■ Work to be completed: Return the lines beginning at the one that contains "1 ≤ cluster" and continuing to the end of the entries, including both ends, exactly as written and nothing else.

Stored data
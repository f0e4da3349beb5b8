//! Frames that a kernel sent and received: `tests/steps/captured.py` passes the frames and the datagrams
//! of `examples/captured` to these tests on standard input, and checks what they write.

use netlink_generic::{ControllerMessage, family_groups, family_id, family_named};
use netlink_packet_core::normalize;
use std::alloc::Global;
use std::io;
use std::io::{Read, Write};
use std::test::Fail;

/// Returns all bytes of standard input.
fn input(rt: &HostRuntime) -> Result<Vec<u8>, Fail> {
    let mut bytes = Vec::new(rt.alloc());
    rt.reader().read_to_end(&mut bytes)?;
    Ok(bytes)
}

/// Writes the canonical form of the bytes on standard input, or the error text.
#[test]
fn standard_input_is_normalized(rt: HostRuntime) -> Result<(), Fail> {
    let alloc = rt.alloc();
    let bytes = input(&rt)?;
    match normalize::<ControllerMessage>(alloc, &bytes) {
        Ok(frame) => io::writer(&rt).write_all(&frame)?,
        Err(error) => io::writer(&rt).write_all(error.to_string(alloc)?.as_bytes())?,
    }
    Ok(())
}

/// Returns the id of a family in a datagram and its groups, one per line.
fn described(alloc: Global, datagram: &[u8], name: &str) -> Result<String, Fail> {
    let mut text = String::new(alloc);
    let Some(family) = family_named(datagram, name) else {
        text.push_str("none\n")?;
        return Ok(text);
    };
    if let Some(id) = family_id(&family) {
        text.push_str(format!(in alloc; "{id}\n")?.as_str())?;
    }
    for (group, id) in family_groups(&family) {
        if let (Some(group), Some(id)) = (group, id) {
            let group = str::from_utf8(group).unwrap_or("?");
            text.push_str(format!(in alloc; "{group} {id}\n")?.as_str())?;
        }
    }
    Ok(text)
}

/// Splits the bytes after a string that ends with a NUL.
fn split(bytes: &[u8]) -> Option<(&str, &[u8])> {
    for at in 0..bytes.len() {
        if bytes[at] == 0 {
            let (name, rest) = bytes.split_at(at);
            return Some((str::from_utf8(name).ok()?, &rest[1..]));
        }
    }
    None
}

/// Standard input is the name of a family, a NUL and a datagram. Writes the family's id and groups.
#[test]
fn a_family_of_standard_input_is_found(rt: HostRuntime) -> Result<(), Fail> {
    let alloc = rt.alloc();
    let bytes = input(&rt)?;
    if let Some((name, datagram)) = split(&bytes) {
        let text = described(alloc, datagram, name)?;
        io::writer(&rt).write_all(text.as_bytes())?;
    }
    Ok(())
}
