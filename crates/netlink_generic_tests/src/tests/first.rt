//! The test of docs/PROTOCOLS.md: a captured frame is read, and written back unchanged.

use netlink_family::MessageView;
use netlink_generic::controller::{CTRL_ATTR_FAMILY_NAME, GENL_CMD, GENL_ID_CTRL};
use netlink_generic::{ControllerFamily, ControllerMessage};
use netlink_packet_core::normalize;
use std::test::Fail;

const FRAME: [u8; 32] = [
    32, 0, 0, 0, 16, 0, 1, 0, 1, 0, 0, 0, 0, 0, 0, 0, // struct nlmsghdr
    3, 1, 0, 0, // struct genlmsghdr
    11, 0, 2, 0, 110, 108, 99, 116, 114, 108, 0, 0, // CTRL_ATTR_FAMILY_NAME
];

#[test]
fn a_captured_frame_is_read_and_written_back(rt: HostRuntime) -> Result<(), Fail> {
    let message = MessageView::<ControllerFamily>::new(GENL_ID_CTRL, &FRAME[16..])?;
    assert!(rt; message.header().u8(GENL_CMD) == 3);
    assert!(rt; message.view().str(CTRL_ATTR_FAMILY_NAME) == Some("nlctrl"));
    let frame = normalize::<ControllerMessage>(rt.alloc(), &FRAME)?;
    assert_eq!(rt; frame.as_slice(), FRAME.as_slice());
    Ok(())
}
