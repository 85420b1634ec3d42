//! What a volume is made of, with all that needs memory.
ghost use Rattle.std.specs.Prelude.{◌≡◌, ◌≤◌, ◌-◌, length, IfOk};
ghost use Rattle.vol_init.specs.Layouts.{IsLayout, reserved_clusters, total};
ghost use Rattle.vol_init.specs.Refusals.{full_label};
ghost use Rattle.vol_init.specs.Plans.{IsPlan, IsOf};

use crate::Layout;
use crate::naming::{directory_blocks, main_blocks};
use base_words::Block;
use fx_dir::NoMemory;
use fx_home::Home;
use std::alloc::Global;

/// What a volume is made of.
#[derive(Drop)]
pub(crate) struct Plan {
    /// The cluster factor, the file numbers and the blocks.
    pub(crate) layout: Layout,
    /// What the home block says.
    pub(crate) home: Home,
    /// The blocks of the master file directory.
    pub(crate) main: Vec<Block>,
    /// The blocks of [SYSLOST].
    pub(crate) lost: Vec<Block>,
}

/// The label, filled with spaces.
fn full_label(label: &[u8]) -> [u8; 12]
    requires { length label.now ≤ 12 }
    ensures { result ≡ full_label label.now }
{
    let mut full = [b' '; 12];
    full[..label.len()].copy_from_slice(label);
    full
}

impl Plan {
    /// The plan of a volume.
    pub(crate) fn new(alloc: Global, layout: Layout, label: &[u8]) -> Result<Plan, NoMemory>
        requires layout { IsLayout layout }
        requires room { reserved_clusters layout ≤ total layout }
        requires label { length label.now ≤ 12 }
        ensures sound { IfOk result IsPlan }
        ensures of { IfOk result (IsOf layout label.now) }
    {
        let main = main_blocks(alloc, layout.cluster)?;
        let none = Vec::new(alloc);
        let lost = directory_blocks(alloc, none.as_slice(), layout.cluster)?;
        let home = Home {
            cluster: layout.cluster as u16,
            files: layout.files,
            label: full_label(label),
        };
        Ok(Plan {
            layout,
            home,
            main,
            lost,
        })
    }
}
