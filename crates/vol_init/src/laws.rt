//! Laws of fresh volumes.

ghost use Rattle.std.specs.Prelude.{◌≡◌, ◌-◌, ℕ, List, true, false, Ok};
ghost use Rattle.std.specs.List.{range_with_len, count_by};
ghost use Rattle.base_words.specs.Fields.{Block};
ghost use Rattle.fx_dir.specs.Directory.{all_entries};
ghost use Rattle.fx_dir.specs.Entries.{rises};
ghost use Rattle.fx_home.specs.declared.home.Home.{Home};
ghost use Rattle.fx_home.specs.Homes.{home_read};
ghost use Rattle.plain_rules.specs.Lookups.{free_clusters, is_free_number};
ghost use Rattle.vol_parts.specs.Findings.{home_at, Accepts, CatOf};
ghost use Rattle.vol_parts.specs.Volumes.{Volume, volume, body};
ghost use Rattle.vol_parts.specs.Warnings.{has_doubles};
ghost use Rattle.vol_init.specs.Fresh.{layout_of, IsFresh};
ghost use Rattle.vol_init.specs.declared.layout.Layout.{Layout};
ghost use Rattle.vol_init.specs.Layouts.{IsLayout, total, reserved_clusters, fresh};

/// A fresh volume is accepted: nothing is found in it, and its blocks tell the catalogue of a fresh volume.
pub fn fresh_volumes_are_accepted()
    ensures accepted { (bs : List Block) (h : Home) → home_read (home_at bs) ≡ Ok h → IsFresh (volume h bs) → Accepts bs }
    ensures catalogue { (bs : List Block) (h : Home) → home_read (home_at bs) ≡ Ok h → IsFresh (volume h bs) → CatOf bs (fresh (layout_of (volume h bs))) }
{}

/// On a fresh volume all clusters behind those of the system files are free, and so are all numbers behind theirs.
pub fn fresh_volumes_have_room()
    ensures clusters { (l : Layout) → free_clusters (fresh l) ≡ total l - reserved_clusters l }
    ensures numbers { (l : Layout) → IsLayout l → count_by (is_free_number (fresh l)) (range_with_len 1 l.files) ≡ l.files - 11 }
{}

/// A directory whose blocks, one behind the other, list entries in order has no entry in two of them.
pub fn ordered_blocks_have_no_doubles()
    ensures { (v : Volume) (n : ℕ) → rises (all_entries (body v n)) ≡ true → has_doubles v n ≡ false }
{}
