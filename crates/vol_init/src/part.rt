//! Which of the blocks that are written a block is.
ghost use Rattle.std.specs.Prelude.{◌≡◌, ◌≤◌, ◌<◌, ◌+◌, IfSome};
ghost use Rattle.std.specs.Bool.{OnTrue};
ghost use Rattle.vol_init.specs.Layouts.{IsLayout};
ghost use Rattle.vol_parts.specs.Parts.{is_among};
ghost use Rattle.vol_init.specs.Parts.{first_block, part_of, IsInside};

use crate::Layout;

/// A part of a fresh volume, behind the home block.
#[derive(Clone, Copy, Debug, PartialEq)]
pub(crate) enum Part {
    /// The copy of the home block.
    HomeCopy,
    /// The copy of the index file's header.
    HeaderCopy,
    /// The index-file bitmap: which file numbers are in use.
    Numbers,
    /// The header slot of a file number.
    Header(u32),
    /// The storage control block.
    Control,
    /// A block of the storage bitmap, counted from 0.
    Storage(u32),
    /// A block of the master file directory, counted from 0.
    Main(u32),
    /// A block of [SYSLOST], counted from 0.
    Lost(u32),
    /// A block of QUOTA.SYS, counted from 0.
    Quota(u32),
}

/// The first block of the system file of a number, where it has one.
fn first_block(layout: &Layout, n: u32) -> u32
    requires { IsLayout layout.now }
    ensures value { result ≡ first_block layout.now n }
    ensures bound { result ≤ 65920 }
{
    layout.cluster * layout.first_cluster(n)
}

/// Whether a block is one of the `n` blocks from a first one on.
fn is_among(first: u32, n: u32, lbn: u32) -> bool
    ensures value { result ≡ is_among first n lbn }
    ensures inside { OnTrue result ((first ≤ lbn) × (lbn < first + n)) }
{
    first <= lbn && lbn - first < n
}

/// Which part a block of a fresh volume is, or none where it is no part or the home block.
#[tactic(auto, unfolding(crate::specs::Parts::part_of))]
pub(crate) fn part_of(layout: &Layout, lbn: u32) -> Option<Part>
    requires { IsLayout layout.now }
    ensures value { result ≡ part_of layout.now lbn }
    ensures inside { IfSome result (IsInside layout.now) }
{
    let headers = 4 * layout.cluster + 1;
    let [control, main] = [first_block(layout, 2), first_block(layout, 4)];
    let [lost, quota] = [first_block(layout, 11), first_block(layout, 10)];
    if lbn == 2 * layout.cluster {
        Some(Part::HomeCopy)
    } else if lbn == 3 * layout.cluster {
        Some(Part::HeaderCopy)
    } else if lbn == 4 * layout.cluster {
        Some(Part::Numbers)
    } else if is_among(headers, layout.files, lbn) {
        Some(Part::Header(lbn - 4 * layout.cluster))
    } else if lbn == control {
        Some(Part::Control)
    } else if is_among(control + 1, layout.storage_blocks(), lbn) {
        Some(Part::Storage(lbn - (control + 1)))
    } else if is_among(main, layout.cluster, lbn) {
        Some(Part::Main(lbn - main))
    } else if is_among(lost, layout.cluster, lbn) {
        Some(Part::Lost(lbn - lost))
    } else if is_among(quota, layout.cluster, lbn) {
        Some(Part::Quota(lbn - quota))
    } else {
        None
    }
}
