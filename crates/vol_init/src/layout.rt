//! Where the system files of a fresh volume lie.

ghost use Rattle.std.specs.Prelude.{◌≡◌, ◌<◌, ◌≤◌, ◌+◌, ◌*◌};
ghost use Rattle.vol_parts.specs.Fatal.{in_whole_clusters};
ghost use Rattle.vol_parts.specs.Parts.{storage_blocks};
ghost use Rattle.vol_init.specs.Layouts.{IsLayout, total, index_clusters, bitmap_clusters, clusters_of, first_cluster, reserved_clusters, header_of};

use fx_header::Hdr;

/// The owner of the system files, [1,1].
pub const SYSTEM_OWNER: u32 = 65_537;
/// The owner of users' files, [1,4].
pub const USER_OWNER: u32 = 65_540;

/// How many clusters so many blocks take.
fn in_whole_clusters(cluster: u32, blocks: u32) -> u32
    requires { 0 < cluster }
    ensures value { result ≡ in_whole_clusters cluster blocks }
    ensures bound { result ≤ blocks }
{
    blocks.div_ceil(cluster)
}

/// The cluster factor, the file numbers and the blocks of a volume, which tell where its system files lie when it is fresh.
#[derive(Clone, Copy, Debug, PartialEq)]
pub struct Layout {
    /// The cluster factor: blocks per cluster, 1 to 16.
    pub cluster: u32,

    /// The file numbers, 32 to 4,096.
    pub files: u32,

    /// The blocks of the volume, 64 to 65,536.
    pub blocks: u32,
}

impl Layout {
    /// The clusters of the index file: four clusters, the bitmap, and a header for each number.
    #[tactic(auto, unfolding(crate::specs::Layouts::index_clusters))]
    fn index_clusters(&self) -> u32
        requires { IsLayout self.now }
        ensures value { result ≡ index_clusters self.now }
        ensures bound { result ≤ 4101 }
    {
        (4 * self.cluster + 1 + self.files).div_ceil(self.cluster)
    }

    /// The blocks of the storage bitmap, which has a bit for each cluster of the volume.
    pub fn storage_blocks(&self) -> u32
        requires { IsLayout self.now }
        ensures value { result ≡ storage_blocks (total self.now) }
        ensures bound { result ≤ 16 }
    {
        (self.blocks / self.cluster).div_ceil(4096)
    }

    /// The clusters of BITMAP.SYS: the storage control block, and a bit for each cluster of the volume.
    #[tactic(auto, unfolding(crate::specs::Layouts::bitmap_clusters))]
    fn bitmap_clusters(&self) -> u32
        requires { IsLayout self.now }
        ensures value { result ≡ bitmap_clusters self.now }
        ensures bound { result ≤ 17 }
    {
        in_whole_clusters(self.cluster, 1 + self.storage_blocks())
    }

    /// The clusters of the system file of a number, 1 to 11.
    #[tactic(auto, unfolding(crate::specs::Layouts::clusters_of))]
    pub fn clusters_of(&self, n: u32) -> u32
        requires { IsLayout self.now }
        ensures value { result ≡ clusters_of self.now n }
        ensures bound { result ≤ 4101 }
    {
        match n {
            1 => self.index_clusters(),
            2 => self.bitmap_clusters(),
            4 | 10 | 11 => 1,
            _ => 0,
        }
    }

    /// The first cluster of the system file of a number, 1 to 11, where it has one.
    #[tactic(auto, unfolding(crate::specs::Layouts::first_cluster))]
    pub fn first_cluster(&self, n: u32) -> u32
        requires { IsLayout self.now }
        ensures value { result ≡ first_cluster self.now n }
        ensures bound { result ≤ 4120 }
    {
        let index = self.index_clusters();
        let behind = index + self.bitmap_clusters();
        match n {
            1 => 0,
            2 => index,
            4 => behind,
            11 => behind + 1,
            _ => behind + 2,
        }
    }

    /// The clusters of all system files, which are the first ones of the volume.
    pub fn reserved_clusters(&self) -> u32
        requires { IsLayout self.now }
        ensures value { result ≡ reserved_clusters self.now }
        ensures bound { result ≤ 4121 }
    {
        self.index_clusters() + self.bitmap_clusters() + 3
    }

    /// The header of the system file of a number, 1 to 11: no mark, and the end after the last block.
    #[tactic(auto, unfolding(crate::specs::Layouts::header_of))]
    pub fn header_of(&self, n: u32) -> Hdr
        requires layout { IsLayout self.now }
        requires number { n ≤ 11 }
        ensures { result ≡ header_of self.now n }
    {
        let blocks = self.cluster * self.clusters_of(n);
        Hdr {
            num: n,
            seq: if n <= 9 { n as u16 } else { 1 },
            owner: SYSTEM_OWNER,
            dir: n == 4 || n == 11,
            marked: false,
            blocks,
            mark: 0,
            end: blocks + 1,
            byte: 0,
            seg: 0,
            ext: 0,
            ext_seq: 0,
        }
    }
}
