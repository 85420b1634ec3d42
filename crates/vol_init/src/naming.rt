//! The entries that the master file directory has of the system files, and the blocks that they take.
ghost use Rattle.std.specs.Prelude.{◌≡◌, ◌≤◌, ◌++◌, [], ◌∷◌, true, Some, Ok, IfOk, length};
ghost use Rattle.base_words.specs.Packing.{Fits};
ghost use Rattle.fx_dir.specs.Directory.{directory, all_entries};
ghost use Rattle.fx_dir.specs.Entries.{rises};
ghost use Rattle.fx_dir.specs.Lists.{Each};
ghost use Rattle.fx_dir.specs.Writing.{IsInForm, IsRanged, IsUniform, name_of, packed};
ghost use Rattle.vol_init.specs.Layouts.{main_entry, main_entries};

use base_words::Block;
use fx_dir::{NoMemory, RawEnt, RawName, packed};
use std::alloc::Global;

/// Appends the entry of a system file, whose number is 1 to 11.
fn add_entry(alloc: Global, list: &mut Vec<RawEnt>, name: &[u8], n: u32) -> Result<(), NoMemory>
    requires short { length name.now ≤ 79 }
    requires system { n ≤ 11 }
    ensures { IfOk result (λ _. list.new.items ≡ list.old.items ++ main_entry name.now n ∷ []) }
{
    list.push(RawEnt {
        name: RawName::new(name),
        ver: 1,
        num: n,
        seq: if n <= 9 { n as u16 } else { 1 },
        limit: 32767,
        flags: 0,
    })?;
    Ok(())
}

/// The entries of a master file directory that names the eleven system files alone, in order of name.
pub fn main_entries(alloc: Global) -> Result<Vec<RawEnt>, NoMemory>
    ensures { IfOk result (λ v. v.items ≡ main_entries) }
{
    let mut list = Vec::new(alloc);
    add_entry(alloc, &mut list, b"000000.DIR", 4)?;
    add_entry(alloc, &mut list, b"BACKUP.SYS", 8)?;
    add_entry(alloc, &mut list, b"BADBLK.SYS", 3)?;
    add_entry(alloc, &mut list, b"BADLOG.SYS", 9)?;
    add_entry(alloc, &mut list, b"BITMAP.SYS", 2)?;
    add_entry(alloc, &mut list, b"CONTIN.SYS", 7)?;
    add_entry(alloc, &mut list, b"CORIMG.SYS", 5)?;
    add_entry(alloc, &mut list, b"INDEXF.SYS", 1)?;
    add_entry(alloc, &mut list, b"QUOTA.SYS", 10)?;
    add_entry(alloc, &mut list, b"SYSLOST.DIR", 11)?;
    add_entry(alloc, &mut list, b"VOLSET.SYS", 6)?;
    Ok(list)
}

/// The blocks of a directory of one cluster, which has room for these entries.
pub(crate) fn directory_blocks(
    alloc: Global,
    entries: &[RawEnt],
    cluster: u32,
) -> Result<Vec<Block>, NoMemory>
    requires order { rises entries.now ≡ true }
    requires form { Each IsInForm entries.now }
    requires ranged { Each IsRanged entries.now }
    requires uniform { IsUniform entries.now }
    requires room { Fits name_of cluster entries.now }
    ensures written { IfOk result (λ v. Some v.items ≡ packed cluster entries.now) }
    ensures count { IfOk result (λ v. length v.items ≡ cluster) }
    ensures read { IfOk result (λ v. directory v.items ≡ Ok entries.now) }
    ensures listed { IfOk result (λ v. all_entries v.items ≡ entries.now) }
{
    match packed(alloc, entries, cluster)? {
        Some(blocks) => Ok(blocks),
        None => unreachable!(),
    }
}

/// The blocks of a master file directory that has one cluster, of so many blocks, and names the eleven system files alone.
pub fn main_blocks(alloc: Global, cluster: u32) -> Result<Vec<Block>, NoMemory>
    requires { 1 ≤ cluster }
    ensures written { IfOk result (λ v. Some v.items ≡ packed cluster main_entries) }
    ensures count { IfOk result (λ v. length v.items ≡ cluster) }
    ensures read { IfOk result (λ v. directory v.items ≡ Ok main_entries) }
    ensures listed { IfOk result (λ v. all_entries v.items ≡ main_entries) }
{
    let entries = main_entries(alloc)?;
    directory_blocks(alloc, entries.as_slice(), cluster)
}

■ Expected answer:
    requires { 1 ≤ cluster }
    ensures written { IfOk result (λ v. Some v.items ≡ packed cluster main_entries) }
    ensures count { IfOk result (λ v. length v.items ≡ cluster) }
    ensures read { IfOk result (λ v. directory v.items ≡ Ok main_entries) }
    ensures listed { IfOk result (λ v. all_entries v.items ≡ main_entries) }
{
    let entries = main_entries(alloc)?;
    directory_blocks(alloc, entries.as_slice(), cluster)
}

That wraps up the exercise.